10.Chinese Experts Consensus on Immune Checkpoint Inhibitors for Non-small Cell Lung Cancer (2019 version).
Caicun ZHOU ; Jie WANG ; Hong BU ; Baocheng WANG ; Baohui HAN ; You LU ; Zhehai WANG ; Bo ZHU ; Ziping WANG ; Qibin SONG ; Shengxiang REN ; Dongmei LIN ; Yayi HE ; Xiaohua HU ; Hongyun ZHAO ; Shukui QIN
Chinese Journal of Lung Cancer 2020;23(2):65-76
Non-small cell lung cancer (NSCLC) is the most common pathological type of lung cancer, most NSCLC patients are at advanced stage at the time of diagnosis. For patients without sensitive driven-oncogene mutations, chemotherapy is still the main treatment at present, the overall prognosis is poor. Improving outcomes and obtaining long-term survival are the most urgent needs of patients with advanced NSCLC. In recent years, immunotherapy has developed rapidly.
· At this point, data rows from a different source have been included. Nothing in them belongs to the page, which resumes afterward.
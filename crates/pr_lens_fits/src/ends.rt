//! Inputs and outputs that are too many.

ghost use Rattle.std.specs.Prelude.{◌≡◌, ◌<◌, length};
ghost use Rattle.pr_lang.specs.declared.tokens.Keyword.TheVariants.{Input, Output};
ghost use Rattle.pr_lens_fits.specs.Ends.{BeginsWith, PassesWith, amount_of, input_bytes, output_count, width_bytes, word_of};

use pr_lang::{Keyword, Kind};
use pr_lens_source::Source;

/// What a program can have too much of.
#[derive(Clone, Copy)]
enum Counted {
    /// The bytes of the inputs in a sample.
    Bytes,
    Outputs,
}

/// The bytes of a width; 0 for another token.
fn width_bytes(kind: Kind) -> usize
    ensures { result ≡ width_bytes kind }
{
    match kind {
        Kind::Number(bits) => (bits.min(128) as usize).div_ceil(8),
        _ => 0,
    }
}

/// The bytes of an input in a sample; 0 for another item.
fn input_bytes(source: &Source, item: usize) -> usize
    ensures bytes { result ≡ input_bytes source.now.tokens.now source.now.spans.now item }
    ensures begins { 0 < result → BeginsWith Input source.now.tokens.now source.now.spans.now item }
{
    let first = source.first(item);
    match source.kind(first) {
        Kind::Word(Keyword::Input) => {
            return width_bytes(source.kind(first.saturating_add(3)));
        }
        _ => {
            return 0;
        }
    }
}

/// How many outputs an item is: 1 or none.
fn outputs_of(source: &Source, item: usize) -> usize
    ensures count { result ≡ output_count source.now.tokens.now source.now.spans.now item }
    ensures begins { 0 < result → BeginsWith Output source.now.tokens.now source.now.spans.now item }
{
    match source.kind(source.first(item)) {
        Kind::Word(Keyword::Output) => {
            return 1;
        }
        _ => {
            return 0;
        }
    }
}

/// How much an item adds to what is counted.
fn amount(counted: Counted, source: &Source, item: usize) -> usize
    ensures amount { result ≡ amount_of counted source.now.tokens.now source.now.spans.now item }
    ensures begins { 0 < result → BeginsWith (word_of counted) source.now.tokens.now source.now.spans.now item }
{
    match counted {
        Counted::Bytes => input_bytes(source, item),
        Counted::Outputs => outputs_of(source, item),
    }
}

/// The first item with which all items together have more of what is counted than this; the number of items where they
/// have not.
fn passing_item(counted: Counted, source: &Source, most: usize) -> usize
    ensures first { PassesWith (amount_of counted source.now.tokens.now source.now.spans.now) most
        (length source.now.spans.now) result }
    ensures begins { result < length source.now.spans.now →
        BeginsWith (word_of counted) source.now.tokens.now source.now.spans.now result }
{
    let mut sum: usize = 0;
    for item in 0..source.spans.len() {
        sum = sum.saturating_add(amount(counted, source, item));
        if sum > most {
            return item;
        }
    }
    source.spans.len()
}

/// The first input with which all inputs together have more bytes than this; the number of items where they have not.
pub fn input_item(source: &Source, most: usize) -> usize
    ensures first { PassesWith (input_bytes source.now.tokens.now source.now.spans.now) most
        (length source.now.spans.now) result }
    ensures begins { result < length source.now.spans.now →
        BeginsWith Input source.now.tokens.now source.now.spans.now result }
{
    passing_item(Counted::Bytes, source, most)
}

/// The output that follows so many others; the number of items where none does.
pub fn output_item(source: &Source, most: usize) -> usize
    ensures first { PassesWith (output_count source.now.tokens.now source.now.spans.now) most
        (length source.now.spans.now) result }
    ensures begins { result < length source.now.spans.now →
        BeginsWith Output source.now.tokens.now source.now.spans.now result }
{
    passing_item(Counted::Outputs, source, most)
}
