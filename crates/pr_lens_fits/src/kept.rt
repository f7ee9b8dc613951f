//! Bytes that have to be kept.

ghost use Rattle.std.specs.Prelude.{◌≡◌, ◌==◌, ◌&&◌, IfOk, drop};
ghost use Rattle.std.specs.List.{list_any, count_by};
ghost use Rattle.pr_net.specs.Nets.{is_wire_of, is_bit_of, is_slice_of, cell_reads};
ghost use Rattle.pr_net.specs.Whole.{shape_of};
ghost use Rattle.pr_lens_fits.specs.Needed.{MarksCells, is_needed, kept_before};

use pr_net::{Cell, Net, NetOutput, Slice, Unit, Wire, WireBit};
use std::alloc::{AllocError, Global};

/// Marks a cell of a unit, where it has a mark.
fn note(marks: &mut [bool], unit: u32, cell: u8)
    ensures { MarksCells marks.old marks.new (λ v j. (unit == v) && (cell == j)) }
{
    if cell >= 64 {
        return;
    }
    let place = unit as usize * 64 + cell as usize;
    if place < marks.len() {
        marks[place] = true;
    }
}

fn note_wire(marks: &mut [bool], wire: Wire)
    ensures { MarksCells marks.old marks.new (λ v j. is_wire_of v j wire) }
{
    match wire {
        Wire::Of(unit, cell) => note(marks, unit, cell),
        Wire::Const(_) | Wire::State(_, _) | Wire::Bus(_) => {}
    }
}

fn note_bit(marks: &mut [bool], bit: WireBit)
    ensures { MarksCells marks.old marks.new (λ v j. is_bit_of v j bit) }
{
    match bit {
        WireBit::Of(wire, _) => note_wire(marks, wire),
        WireBit::None | WireBit::CarryIn => {}
    }
}

fn note_slice(marks: &mut [bool], slice: Slice)
    ensures { MarksCells marks.old marks.new (λ v j. is_slice_of v j slice) }
{
    match slice {
        Slice::Of(unit, cell) => note(marks, unit, cell),
        Slice::Const(_) | Slice::State(_, _) => {}
    }
}

/// Marks what a cell reads.
fn note_cell(marks: &mut [bool], cell: &Cell)
    ensures { MarksCells marks.old marks.new (λ v j. cell_reads v j cell.now) }
{
    note_bit(marks, cell.c);
    note_wire(marks, cell.lo);
    note_wire(marks, cell.hi);
    note_wire(marks, cell.a);
}

/// Marks what the cells of a unit read.
fn note_unit(marks: &mut [bool], unit: &[Cell])
    ensures { MarksCells marks.old marks.new (λ v j. list_any (cell_reads v j) unit.now) }
{
    for cell in unit {
        note_cell(marks, cell);
    }
}

#[tactic(auto, using(crate::proofs::NeededLemmas::any_left))]
fn note_units(marks: &mut [bool], units: &[Unit])
    ensures { MarksCells marks.old marks.new (λ v j. list_any (list_any (cell_reads v j)) units.now) }
{
    for unit in units {
        note_unit(marks, &unit.cells);
    }
}

/// Marks what an output has.
fn note_slices(marks: &mut [bool], slices: &[Slice])
    ensures { MarksCells marks.old marks.new (λ v j. list_any (is_slice_of v j) slices.now) }
{
    for slice in slices {
        note_slice(marks, *slice);
    }
}

#[tactic(auto, using(crate::proofs::NeededLemmas::any_left))]
fn note_outputs(marks: &mut [bool], outputs: &[NetOutput])
    ensures { MarksCells marks.old marks.new (λ v j. list_any (λ o. list_any (is_slice_of v j) o.slices) outputs.now) }
{
    for output in outputs {
        note_slices(marks, &output.slices);
    }
}

/// The units from this one on.
fn from_unit(net: &Net, unit: u32) -> &[Unit]
    ensures { result.now ≡ drop unit net.now.units.items }
{
    let first = (unit as usize).min(net.units.len());
    &net.units[first..]
}

/// Marks what is needed from a unit on.
fn note_needed(marks: &mut [bool], net: &Net, unit: u32)
    ensures { MarksCells marks.old marks.new (is_needed (shape_of net.now) unit) }
{
    note_outputs(marks, &net.outputs);
    note_units(marks, from_unit(net, unit));
}

/// How many marks are set.
fn count(marks: &[bool]) -> usize
    ensures { result ≡ count_by (λ mark. mark) marks.now }
{
    marks.iter().filter(|mark| **mark).count()
}

/// How many bytes that are made before this unit are needed by it, by later ones or by outputs.
pub fn kept_before(alloc: Global, net: &Net, unit: u32) -> Result<usize, AllocError>
    ensures { IfOk result (λ kept. kept ≡ kept_before (shape_of net.now) unit) }
{
    let mut marks = vec![in alloc; false; 64 * unit as usize]?;
    note_needed(&mut marks, net, unit);
    Ok(count(&marks))
}
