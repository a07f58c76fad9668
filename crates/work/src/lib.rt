// The work of each posting call whose checks have passed. An inner layer, not delivered: what the checks have shown is asked for
// here and not tested again.
#![tactic(auto)]

ghost use Rattle.std.specs.Prelude.{◌+◌, ◌*◌, ◌≤◌, ◌<◌, ◌^◌, ◌≡◌, [], true, cond, length, ltb};
ghost use Rattle.rules.specs.Postings.{every, counted};
ghost use Rattle.rules.specs.Table.{postings, well_formed};
ghost use Rattle.rules.specs.Orders.{changes, destinations, sources};
ghost use Rattle.rules.specs.Answers.{poisons};
ghost use Rattle.rules.specs.Publication.{then_sources};
ghost use Rattle.rules.specs.Calls.{head_with, record_after, outcome_of, prepare_work, rollback_work, removal_work, publish_work};
ghost use Rattle.steps.specs.Leaving.{StageIn};
ghost use Rattle.work.specs.Bringing.{brought};

use answers::flag_after;
use changes::Changes;
use rules::{Answer, Done, Head};
use steps_sources::{remove_sources, write_record};
use storage::Storage;
use table::count_postings;

// The answer that was reached, and the head beside the table as it now is.
fn done(head: Head, used: usize, answer: Answer) -> Done
    requires { used < 2 ^ 32 }
    ensures { result ≡ record { head = head_with head used (cond (poisons answer) 1 head.poisoned); answer = answer } }
{
    Done {
        head: Head {
            used: used as u32,
            poisoned: flag_after(answer, head.poisoned),
            ..head
        },
        answer,
    }
}

// The lent table of a well-formed head, with the strip by which its storage behaves. Head and table come from C apart, and what was
// checked of them is asked for in each call and used here once: a type that has it would be made by the checks only to be taken apart.
fn stored<'a, 's>(head: Head, table: &'a mut [u32], strip: &'s [u8]) -> Storage<'a, 's>
    requires { well_formed head table.old ≡ true }
    ensures same_reference { result.numbers.ghost_name ≡ table.entry.ghost_name }
    ensures same_numbers { result.numbers.now ≡ table.old }
    ensures used { result.used ≡ head.used }
    ensures strip { result.strip.now ≡ strip.now }
{
    Storage {
        numbers: table,
        used: head.used as usize,
        strip,
    }
}

// The destinations come in. The record is written only after the last insertion. That it has room is asked for from the check down to
// the one write: a type of list and record would be made for that alone.
fn bring(storage: &mut Storage, list: Changes, record: &mut [u32]) -> Answer
    requires { length (changes list.numbers.now) ≤ length «record».old }
    ensures stage { StageIn (brought storage.old (changes list.entry.numbers.now)) result storage.old storage.new }
    ensures few { (brought storage.old (changes list.entry.numbers.now)).read ≤ length (changes list.entry.numbers.now) * 2 + 1 }
    ensures record_list { «record».new ≡ record_after (brought storage.old (changes list.entry.numbers.now))
        (destinations (changes list.entry.numbers.now)) «record».old }
{
    let inserted = steps::prepare(storage, list)?;
    write_record(list, record);
    Ok(inserted)
}

// Sources stay until every destination is in. Three bytes for each change and one more are read at most.
#[tactic(auto, using(steps_sources::proofs::Removals::removing_rest, crate::proofs::Showing::left_after, crate::proofs::Showing::publish_few))]
fn bring_and_clear(storage: &mut Storage, list: Changes, record: &mut [u32]) -> Answer
    requires { length (changes list.numbers.now) ≤ length «record».old }
    ensures stage { StageIn
        (then_sources storage.old.strip.now (sources (changes list.entry.numbers.now))
        (brought storage.old (changes list.entry.numbers.now)))
        result storage.old storage.new }
    ensures few { (then_sources storage.old.strip.now (sources (changes list.entry.numbers.now))
        (brought storage.old (changes list.entry.numbers.now))).read
        ≤ length (changes list.entry.numbers.now) * 3 + 1 }
    ensures record_list { «record».new ≡ record_after (brought storage.old (changes list.entry.numbers.now))
        (destinations (changes list.entry.numbers.now)) «record».old }
{
    let inserted = bring(storage, list, record)?;
    remove_sources(storage, list, Ok(inserted))
}

// Accepted where every destination came in.
#[tactic(auto, using(crate::proofs::Showing::used_fits))]
pub fn prepare(
    head: Head,
    table: &mut [u32],
    list: Changes,
    strip: &[u8],
    record: &mut [u32],
) -> Done
    requires table_formed { well_formed head table.old ≡ true }
    requires places { length (changes list.numbers.now) ≤ length «record».old }
    ensures { outcome_of result table.new «record».new ≡ prepare_work head table.old (changes list.entry.numbers.now)
        strip.now «record».old }
{
    let mut storage = stored(head, table, strip);
    let answer = bring(&mut storage, list, record);
    done(head, storage.used, answer)
}

// Accepted where every destination came in and every source went.
#[tactic(auto, using(crate::proofs::Showing::used_fits))]
pub fn publish(
    head: Head,
    table: &mut [u32],
    list: Changes,
    strip: &[u8],
    record: &mut [u32],
) -> Done
    requires table_formed { well_formed head table.old ≡ true }
    requires places { length (changes list.numbers.now) ≤ length «record».old }
    ensures { outcome_of result table.new «record».new ≡ publish_work head table.old (changes list.entry.numbers.now)
        strip.now «record».old }
{
    let mut storage = stored(head, table, strip);
    let answer = bring_and_clear(&mut storage, list, record);
    done(head, storage.used, answer)
}

// Accepted where no removal failed, else 12 with the last change whose removal did.
#[tactic(auto, using(crate::proofs::Showing::used_fits))]
pub fn rollback(head: Head, table: &mut [u32], list: Changes, strip: &[u8], record: &[u32]) -> Done
    requires table_formed { well_formed head table.old ≡ true }
    requires record_in_bounds { every (λ n. ltb n (length (changes list.numbers.now))) «record».now ≡ true }
    ensures { outcome_of result table.new «record».now ≡ rollback_work head table.old (changes list.entry.numbers.now)
        strip.now «record».now }
{
    let mut storage = stored(head, table, strip);
    let undone = steps_undo::rollback(&mut storage, list, record);
    done(head, storage.used, undone.and(Ok(0)))
}

// Accepted where no removal failed, else 13 with the change whose removal did.
#[tactic(auto, using(crate::proofs::Showing::used_fits))]
pub fn remove(head: Head, table: &mut [u32], list: Changes, strip: &[u8]) -> Done
    requires { well_formed head table.old ≡ true }
    ensures { outcome_of result table.new [] ≡ removal_work head table.old (changes list.entry.numbers.now) strip.now [] }
{
    let mut storage = stored(head, table, strip);
    let answer = remove_sources(&mut storage, list, Ok(0));
    done(head, storage.used, answer)
}

// The number of postings, which fits: a table has at most 4,096.
pub fn count(head: Head, table: &[u32], binding: u32, key: u32) -> u32
    requires { well_formed head table.now ≡ true }
    ensures { result ≡ counted binding key (postings head.used table.now) }
{
    count_postings(table, head.used as usize, binding, key) as u32
}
Immune checkpoint inhibitors (ICIs), especially targeting programmed death-1 (PD-1)/programmed death-ligand 1 (PD-L1), have made a breakthrough in the treatment of NSCLC, beneficial to patients' survival and changed the treatment pattern for NSCLC. It shows more and more important role in the treatment of NSCLC. Led by NSCLC expert committee of Chinese society of clinical oncology (CSCO), relevant experts in this field were organized. On the basis of referring to domestic and foreign literature, systematically evaluating the results of Chinese and foreign clinical trials, and combining the experiences of the experts, the experts group reached an agreement to develop this consensus. It will guide domestic counterparts for better application of ICIs to treat NSCLC.